Where did all the income go, folks? It's certainly a fair question for those investors traditionally used to relying on fixed-income products (bonds, certificates of deposit, and the like) to produce steady streams to either grow one's savings or to fund a retirement lifestyle. The current interest rate environment puts such savers or consumers between a rock and a hard place -- and shows no signs of abating anytime soon.
In an effort to provide unprecedented transparency, Federal Reserve Chairman Ben Bernanke has been abundantly clear about the near- and medium-term plan for interest rates, which on balance is probably a net positive for the various constituencies involved. However, knowing that interest rates will likely remain around historical lows well into the future makes life hard for savers.
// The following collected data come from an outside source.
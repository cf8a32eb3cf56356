//! Actions that are audited.
ghost use Rattle.std.specs.Prelude.{◌≡◌, ◌==◌, ◌↔◌, Some};
ghost use Rattle.std.specs.List.{find};
ghost use Rattle.std.specs.Str.{bytes_eq};
ghost use Rattle.au_base.specs.declared.action.Action.{Action};
ghost use Rattle.au_base.specs.Actions.{code_of, name_of};

/// What a statement does, as the audit trail names it (Database Security Guide, "Auditing
/// Commonly Used SQL Statements"). The numbers are this project's, and stand in the journal.
#[derive(Clone, Copy, Debug, PartialEq, Eq, PartialOrd, Ord, Hash)]
pub enum Action {
    /// Any action. It stands only in the parts of audit policies.
    All = 0,
    Select = 1,
    Insert = 2,
    Update = 3,
    Delete = 4,
    Commit = 5,
    Rollback = 6,
    CreateTable = 7,
    DropTable = 8,
    CreateUser = 9,
    AlterUser = 10,
    DropUser = 11,
    CreateRole = 12,
    DropRole = 13,
    Grant = 14,
    Revoke = 15,
    CreateAuditPolicy = 16,
    DropAuditPolicy = 17,
    Audit = 18,
    Noaudit = 19,
    /// A call of a package's procedure.
    Execute = 20,
    Logon = 21,
    Logoff = 22,
}

impl Action {
    /// All actions, in the order of their numbers.
    pub const EACH: [Action; 23] = [
        Action::All,
        Action::Select,
        Action::Insert,
        Action::Update,
        Action::Delete,
        Action::Commit,
        Action::Rollback,
        Action::CreateTable,
        Action::DropTable,
        Action::CreateUser,
        Action::AlterUser,
        Action::DropUser,
        Action::CreateRole,
        Action::DropRole,
        Action::Grant,
        Action::Revoke,
        Action::CreateAuditPolicy,
        Action::DropAuditPolicy,
        Action::Audit,
        Action::Noaudit,
        Action::Execute,
        Action::Logon,
        Action::Logoff,
    ];

    /// Its number.
    pub fn code(self) -> u8
        ensures { result ≡ code_of self }
    {
        self as u8
    }

    /// The action with that number.
    pub fn from_code(code: u8) -> Option<Action>
        ensures { (action : Action) → (result ≡ Some action) ↔ (code_of action ≡ code) }
    {
        first_with_code(&Action::EACH, code)
    }

    /// Its name in ACTION_NAME, in upper case.
    pub fn name(self) -> &'static str
        ensures { result.now ≡ name_of self }
    {
        match self {
            Action::All => "ALL",
            Action::Select => "SELECT",
            Action::Insert => "INSERT",
            Action::Update => "UPDATE",
            Action::Delete => "DELETE",
            Action::Commit => "COMMIT",
            Action::Rollback => "ROLLBACK",
            Action::CreateTable => "CREATE TABLE",
            Action::DropTable => "DROP TABLE",
            Action::CreateUser => "CREATE USER",
            Action::AlterUser => "ALTER USER",
            Action::DropUser => "DROP USER",
            Action::CreateRole => "CREATE ROLE",
            Action::DropRole => "DROP ROLE",
            Action::Grant => "GRANT",
            Action::Revoke => "REVOKE",
            Action::CreateAuditPolicy => "CREATE AUDIT POLICY",
            Action::DropAuditPolicy => "DROP AUDIT POLICY",
            Action::Audit => "AUDIT",
            Action::Noaudit => "NOAUDIT",
            Action::Execute => "EXECUTE",
            Action::Logon => "LOGON",
            Action::Logoff => "LOGOFF",
        }
    }

    /// The action with that name.
    pub fn from_name(name: &[u8]) -> Option<Action>
        ensures { (action : Action) → (result ≡ Some action) ↔ (name_of action ≡ name.now) }
    {
        first_with_name(&Action::EACH, name)
    }
}

fn first_with_code(each: &[Action], code: u8) -> Option<Action>
    ensures { result ≡ find (λ action. code_of action == code) each.now }
{
    each.iter().copied().find(|action| action.code() == code)
}

fn first_with_name(each: &[Action], name: &[u8]) -> Option<Action>
    ensures { result ≡ find (λ action. bytes_eq (name_of action) name.now) each.now }
{
    each.iter()
        .copied()
        .find(|action| action.name().as_bytes() == name)
}
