//! Lists.
ghost use Rattle.std.specs.Borrow.{Array, Lends, sem};
ghost use Rattle.std.specs.Fn.{CalledAt};
ghost use Rattle.std.specs.Iterator.Adapters.{IterYieldsInOrder};
ghost use Rattle.std.specs.List.{filter};
ghost use Rattle.std.specs.Slice.Iter.{iter_rest};
ghost use Rattle.std.specs.List.Retain.{IsFiltered};
ghost use Rattle.std.specs.Prelude.{◌≡◌, ◌++◌, ◌∷◌, [], length, OnOk, OnErr, IsTrue, MatchOption, Bool, ◌<◌, ◌^◌, ◌↔◌};
ghost use Rattle.au_base.specs.contracts.list.List.{the_row};
ghost use Rattle.au_base.specs.Order.{is_in_order, placed};
ghost use Rattle.au_base.specs.Elements.{Computes, rewritten};

use crate::{InOrder, Memory, place_in_order};
use std::alloc::{AllocError, Global};
use std::marker::Model;
use std::slice::Iter;

/// A vector that contracts see as the list of its elements, and as nothing else: how much room it
/// has stands in no contract of its own. Where a call has to be seen to take no memory, the list is
/// taken as its vector by `into_vec`, whose room contracts see, and is given back by `from_vec`;
/// neither takes memory.
#[derive(Debug, Drop)]
pub struct List<T> {
    elements: Vec<T>,
}

impl<T> Model for List<T> {
    ghost use Rattle.std.specs.Prelude.{List as Sequence};
    ghost use Rattle.std.specs.Coded.{coded_list};

    ghost Value = { Sequence T };

    ghost coded = { coded_list T.code };

    ghost view = { λ l. l.elements.items };
}

impl<T> List<T> {
    /// The empty list.
    pub fn new(alloc: Global) -> Self
        ensures { result ≡ [] }
    {
        List {
            elements: Vec::new(alloc),
        }
    }

    /// The vector as a list. It takes no memory.
    pub fn from_vec(elements: Vec<T>) -> Self
        ensures { result ≡ elements.items }
    {
        List { elements }
    }

    /// The list as a vector. It takes no memory.
    pub fn into_vec(self) -> Vec<T>
        ensures { result.items ≡ self }
    {
        let List { elements } = self;
        elements
    }

    /// Its elements.
    pub fn as_slice(&self) -> &[T]
        ensures { result.now ≡ self.now }
    {
        self.elements.as_slice()
    }

    /// Its elements in turn. The first that meets a test is `iter().find(..)`, and its place
    /// `iter().position(..)`.
    pub fn iter(&self) -> Iter<'_, T>
        ensures rest { iter_rest result ≡ self.now }
        ensures runs { IterYieldsInOrder T }
        ensures bound { length self.now < 2 ^ 64 }
    {
        self.elements.iter()
    }

    /// Its elements, to be written. What the slice becomes, which keeps its length, is what the
    /// list becomes.
    pub fn as_mut_slice(&mut self) -> &mut [T]
        ensures* writes_back { sem 𝓛 (Lends (the_row T.row) (Array T.row 0) self.entry result (rewritten self.old)) }
        ensures value { result.now ≡ self.old }
    {
        self.elements.as_mut_slice()
    }

    /// Makes room for so many more elements. The list is as it was, and where there is no memory
    /// too.
    pub fn reserve(&mut self, more: usize) -> Result<(), Memory>
        ensures { self.new ≡ self.old }
    {
        self.elements.reserve(more)?;
        Ok(())
    }

    /// Takes the last element out. `None` where there is none. It takes no memory.
    pub fn pop(&mut self) -> Option<T>
        ensures { MatchOption result ((self.old ≡ []) × (self.new ≡ [])) (λ last. self.old ≡ self.new ++ last ∷ []) }
    {
        self.elements.pop()
    }

    /// Moves the other list's elements behind its own. Where there is no memory, both are as they
    /// were.
    pub fn append(&mut self, other: &mut List<T>) -> Result<(), Memory>
        ensures ok { OnOk result ((self.new ≡ self.old ++ other.old) × (other.new ≡ [])) }
        ensures err { OnErr result ((self.new ≡ self.old) × (other.new ≡ other.old)) }
    {
        self.elements.append(&mut other.elements)?;
        Ok(())
    }

    /// How many elements it has.
    pub fn len(&self) -> usize
        ensures { result ≡ length self.now }
    {
        self.elements.len()
    }

    /// Whether it has none.
    pub fn is_empty(&self) -> bool
        ensures { IsTrue result ↔ (self.now ≡ []) }
    {
        self.elements.is_empty()
    }
}

impl<T: Drop> List<T> {
    /// Adds an element at the end. Where there is no memory, the value is dropped and the list is
    /// as it was.
    pub fn push(&mut self, value: T) -> Result<(), Memory>
        ensures ok { OnOk result (self.new ≡ self.old ++ value ∷ []) }
        ensures err { OnErr result (self.new ≡ self.old) }
    {
        self.elements.push(value)?;
        Ok(())
    }

    /// Drops the elements that fail the test. The others keep their order. It takes no memory.
    pub fn retain<F: FnMut(&T) -> bool>(&mut self, test: F)
        requires { F.IsAlwaysCallable test }
        ensures tested { IsFiltered (CalledAt F.FnMut) test self.old self.new }
        ensures kept { (meets : T → Bool) → Computes (CalledAt F.FnMut) meets test → self.new ≡ filter meets self.old }
    {
        self.elements.retain(test);
    }
}

impl<T: InOrder + Drop> List<T> {
    /// Places the value among the elements, which stand in order. Where there is no memory, the
    /// value is dropped and the list is as it was.
    pub fn insert_in_order(&mut self, value: T) -> Result<(), Memory>
        requires { IsTrue (is_in_order T.before self.old) }
        ensures ok { OnOk result (self.new ≡ placed T.before value self.old) }
        ensures err { OnErr result (self.new ≡ self.old) }
    {
        let place = place_in_order(self.elements.as_slice(), &value);
        self.elements.insert(place, value)?;
        Ok(())
    }
}

impl<T: Clone> Clone for List<T> {
    ghost use Rattle.std.specs.List.{AllZip};

    ghost is_clone = { AllZip T.is_clone };

    fn clone(&self) -> Result<Self, AllocError> {
        Ok(List {
            elements: self.elements.clone()?,
        })
    }
}

impl<T: PartialEq> PartialEq for List<T> {
    ghost use Rattle.std.specs.Cmp.Lexicographic.{pointwise, lists_per};

    ghost eq = { pointwise T.eq };

    ghost laws = { lists_per T.laws };

    fn eq(&self, other: &Self) -> bool {
        self.elements == other.elements
    }
}

impl<T: Eq> Eq for List<T> {
    ghost use Rattle.std.specs.Cmp.Lexicographic.{lists_equiv};

    ghost laws = { lists_equiv T.Eq.laws };
}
And while investing in stocks certainly carries some additional risks that investors always need to remain cognizant of, some dividend stalwarts do exist that can help supplement investors with much sought-after income.
The who's who
In that spirit, let's examine three specific components of the Dow Jones Industrial Average (INDEX: ^DJI) that I think exhibit some key characteristics retirement savers need to consider: size, current yield, dividend growth, and cheapness.
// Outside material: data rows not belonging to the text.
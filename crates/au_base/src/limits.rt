//! The limits of the product. docs/CODES.md says what comes beyond each.

/// The most bytes of a name.
pub const NAME_BYTES: usize = 128;

/// The most bytes of a password.
pub const PASSWORD_BYTES: usize = 128;

/// The most bytes of a statement's text.
pub const STATEMENT_BYTES: usize = 32_767;

/// The most parentheses that are open at one place.
pub const OPEN_PARENTHESES: usize = 100;

/// The most tables in one FROM.
pub const FROM_TABLES: usize = 8;

/// The most combinations of rows that one query goes over.
pub const COMBINATIONS: u64 = 10_000_000;

/// The most rows of a reply.
pub const REPLY_ROWS: usize = 100_000;

/// The most users, and as many roles, tables, audit policies and fine-grained policies.
pub const CATALOG_OBJECTS: usize = 10_000;

/// The most grants of all kinds together.
pub const GRANTS: usize = 100_000;

/// The most columns of a table.
pub const TABLE_COLUMNS: usize = 64;

/// The most digits of a number, and the widest NUMBER column.
pub const NUMBER_DIGITS: u16 = 18;

/// The widest VARCHAR2 column, in bytes.
pub const TEXT_COLUMN_BYTES: u16 = 4_000;

/// The digits behind the point of a second, and the size of a TIMESTAMP column.
pub const MOMENT_DIGITS: u16 = 6;

/// The most row numbers of a table that committed rows and open transactions name.
pub const TABLE_ROW_NUMBERS: u32 = 1_000_000;

/// The last row number of a table.
pub const LAST_ROW_NUMBER: u32 = 4_294_967_295;

/// The most changes in one transaction.
pub const TRANSACTION_CHANGES: usize = 100_000;

/// The most sessions that are open at once.
pub const OPEN_SESSIONS: usize = 256;

/// The most sessions of an instance, and the number of its last one.
pub const INSTANCE_SESSIONS: u32 = 999_999_999;

/// The last number of an instance.
pub const INSTANCES: u32 = 999_999_999;

/// Where ENTRY_ID and STATEMENT_ID of a session stop rising.
pub const SESSION_COUNT: u32 = 999_999_999;

/// The most audit policies that one record names: all of the catalogue, and ORA$MANDATORY.
pub const RECORD_POLICIES: usize = 10_001;

/// The least limit of a journal area, in bytes.
pub const JOURNAL_LIMIT_MIN: u32 = 400;

/// The greatest limit of a journal area, in bytes.
pub const JOURNAL_LIMIT_MAX: u32 = 2_147_483_647;

/// The limit of a journal area that names none, in bytes.
pub const JOURNAL_LIMIT_DEFAULT: u32 = 1_073_741_824;

/// The most bytes of a script.
pub const SCRIPT_BYTES: u64 = 4_294_967_295;

/// The most bytes of a script's line, without its end.
pub const LINE_BYTES: usize = 65_536;

/// The most bytes of a request's head.
pub const HEAD_BYTES: usize = 8_192;

/// The most fields of a request's head.
pub const HEAD_FIELDS: usize = 64;

/// The most bytes of a request's body.
pub const BODY_BYTES: usize = 262_144;

/// The deepest nesting of a request's JSON body.
pub const BODY_DEPTH: usize = 127;

/// The most connections that one `serve` hands out, and the number of its last client. After the
/// last it ends.
pub const CONNECTIONS: u32 = 4_294_967_295;

/// The most workers of `serve`. Beyond it the words are no command.
pub const WORKERS: u32 = 64;

/// The most rows of `sample`. Beyond it the words are no command.
pub const SAMPLE_ROWS: u32 = 100_000;

/// The most action parts of an audit policy. Beyond it 99003; it comes with ALTER AUDIT POLICY,
/// which isn't built yet.
pub const ACTION_PARTS: usize = 10_000;

/// The most role parts of an audit policy. Beyond it 99003; it comes with ALTER AUDIT POLICY, which
/// isn't built yet.
pub const ROLE_PARTS: usize = 10_000;

/// The most bytes of a session's client identifier. Beyond it 28104; it comes with
/// DBMS_SESSION.SET_IDENTIFIER, which isn't built yet.
pub const IDENTIFIER_BYTES: usize = 64;

/// The most purge jobs. Beyond it 99003; it comes with DBMS_AUDIT_MGMT.CREATE_PURGE_JOB, which
/// isn't built yet.
pub const PURGE_JOBS: usize = 100;

/// The longest interval of a purge job, in hours. Beyond it 46250; it comes with
/// DBMS_AUDIT_MGMT.CREATE_PURGE_JOB, which isn't built yet.
pub const PURGE_HOURS: u16 = 999;

/// The most bytes of one record in an archive. A longer one is no archive; it comes with the
/// commands `archive` and `verify`, which aren't built yet.
pub const ARCHIVED_RECORD_BYTES: u32 = 2_097_152;

/// The most bytes of what a message to a standby carries. A longer one is no message; it comes with
/// the commands `feed` and `standby`, which aren't built yet.
pub const MESSAGE_BYTES: u64 = 1_073_741_824;

/// The most bytes that wait for a standby's acknowledgement. Beyond it shipping ends; it comes with
/// the command `feed`, which isn't built yet.
pub const SHIPPED_BYTES: u64 = 1_073_741_824;

/// The most bytes that a standby takes. Beyond it the source is too long; it comes with the command
/// `standby`, which isn't built yet.
pub const STANDBY_BYTES: u64 = 1_099_511_627_776;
10-Year Average Annual Dividend Growth
Number of Consecutive Annual Dividend Increases
Dow Jones Average
AT&T (NYS: T)
Coca-Cola (NYS: KO)
Procter & Gamble (NYS: PG)
Source: S&P Capital IQ.
Individually, these companies have established core businesses in markets that they either dominate or occupy a significant share of their core markets. AT&T shares an effective duopoly with dividend dynamo Verizon Communications (NYS: VZ) , a dynamic that appears firmly in place going forward. Because of their size and the massive advantage that size provides in telecom, these companies are both in great shape in terms of market ownership, especially in the mobile market that should drive the future of telecommunications.
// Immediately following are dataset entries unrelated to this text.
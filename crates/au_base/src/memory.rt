//! The one answer for want of memory.

use std::alloc::{AllocError, AllocFailed};
use thiserror::Error;

/// There was no memory. It may come in place of any answer of a call that takes memory; what the
/// call worked on is then as it was, unless its documentation says otherwise.
#[derive(Clone, Copy, Debug, PartialEq, Eq, Error)]
#[error("out of memory")]
pub struct Memory;

impl From<AllocError> for Memory {
    fn from(_: AllocError) -> Self {
        Memory
    }
}

impl<T: Drop> From<AllocFailed<T>> for Memory {
    fn from(_: AllocFailed<T>) -> Self {
        Memory
    }
}
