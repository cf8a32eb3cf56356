//! The values that every layer speaks of.
#![tactic(auto)]

mod action;
mod arithmetic;
mod ask;
mod boxed;
pub mod built_in;
mod calendar;
mod cell;
mod code;
mod grant;
mod laws;
pub mod limits;
mod list;
mod memory;
mod moment;
mod name;
mod numbers;
mod order;
mod pattern;
mod privilege;
mod reading;
mod reply;
mod sameness;
mod steps;
mod table;
mod text;
mod truth;

pub use action::Action;
pub use arithmetic::{LARGEST, add, multiply, subtract};
pub use ask::Ask;
pub use boxed::Boxed;
pub use calendar::LAST_MOMENT;
pub use cell::{Cell, compare};
pub use code::Code;
pub use grant::{GrantStatement, ObjectRight, Right};
pub use laws::{constants_are_as_listed, first_rule_gives_the_code};
pub use list::List;
pub use memory::Memory;
pub use moment::moment_text;
pub use name::{Name, names_compare_by_bytes};
pub use numbers::{ClientNo, RowNo, SessionNo, Stamp};
pub use order::{
    InOrder, insert_reserved, nothing_in_order_stands_twice, place_in_order, placed_has_both,
    placed_stands_in_order,
};
pub use pattern::like;
pub use privilege::Privilege;
pub use reading::{read_back, read_moment, written_back};
pub use reply::{Reply, Said};
pub use sameness::{is_same_action, is_same_privilege, is_same_table, same_is_equal};
pub use steps::Steps;
pub use table::{Column, ColumnKind, TableName, TableReference};
pub use text::Text;
pub use truth::Truth;
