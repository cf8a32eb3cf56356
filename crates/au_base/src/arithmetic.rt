//! Arithmetic of numbers with up to 18 digits.
ghost use Rattle.std.specs.Prelude.{◌+ℤ◌, ◌-ℤ◌, ◌*ℤ◌, ◌↔◌, IsTrue};
ghost use Rattle.au_base.specs.Found.{MakesExactly};
ghost use Rattle.au_base.specs.Numbers.{FitsDigits};

/// The greatest number of 18 digits.
pub const LARGEST: i64 = 999_999_999_999_999_999;

/// The sum. `None` where it has over 18 digits.
pub fn add(a: i64, b: i64) -> Option<i64>
    ensures { MakesExactly (FitsDigits (a +ℤ b)) (a +ℤ b) result }
{
    a.checked_add(b).and_then(within_digits)
}

/// The difference. `None` where it has over 18 digits.
pub fn subtract(a: i64, b: i64) -> Option<i64>
    ensures { MakesExactly (FitsDigits (a -ℤ b)) (a -ℤ b) result }
{
    a.checked_sub(b).and_then(within_digits)
}

/// The product. `None` where it has over 18 digits.
pub fn multiply(a: i64, b: i64) -> Option<i64>
    ensures { MakesExactly (FitsDigits (a *ℤ b)) (a *ℤ b) result }
{
    a.checked_mul(b).and_then(within_digits)
}

fn within_digits(number: i64) -> Option<i64>
    ensures { MakesExactly (FitsDigits number) number result }
{
    fits_digits(number).then_some(number)
}

/// Whether the number has at most 18 digits.
pub fn fits_digits(number: i64) -> bool
    ensures { IsTrue result ↔ FitsDigits number }
{
    -LARGEST <= number && number <= LARGEST
}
Likewise, Coca-Cola also holds one of the most impressive moats in all of business, a trait that the Oracle of Omaha himself loves about the company. Besides having the most valuable brand in the world according to Interbrand, the company also has a vertically integrated distribution network that's the envy of other consumer goods companies. Consider this: Coca-Cola's distribution network is so robust that other consumer goods companies have to use Coke's network in order to get their products to market... not too shabby.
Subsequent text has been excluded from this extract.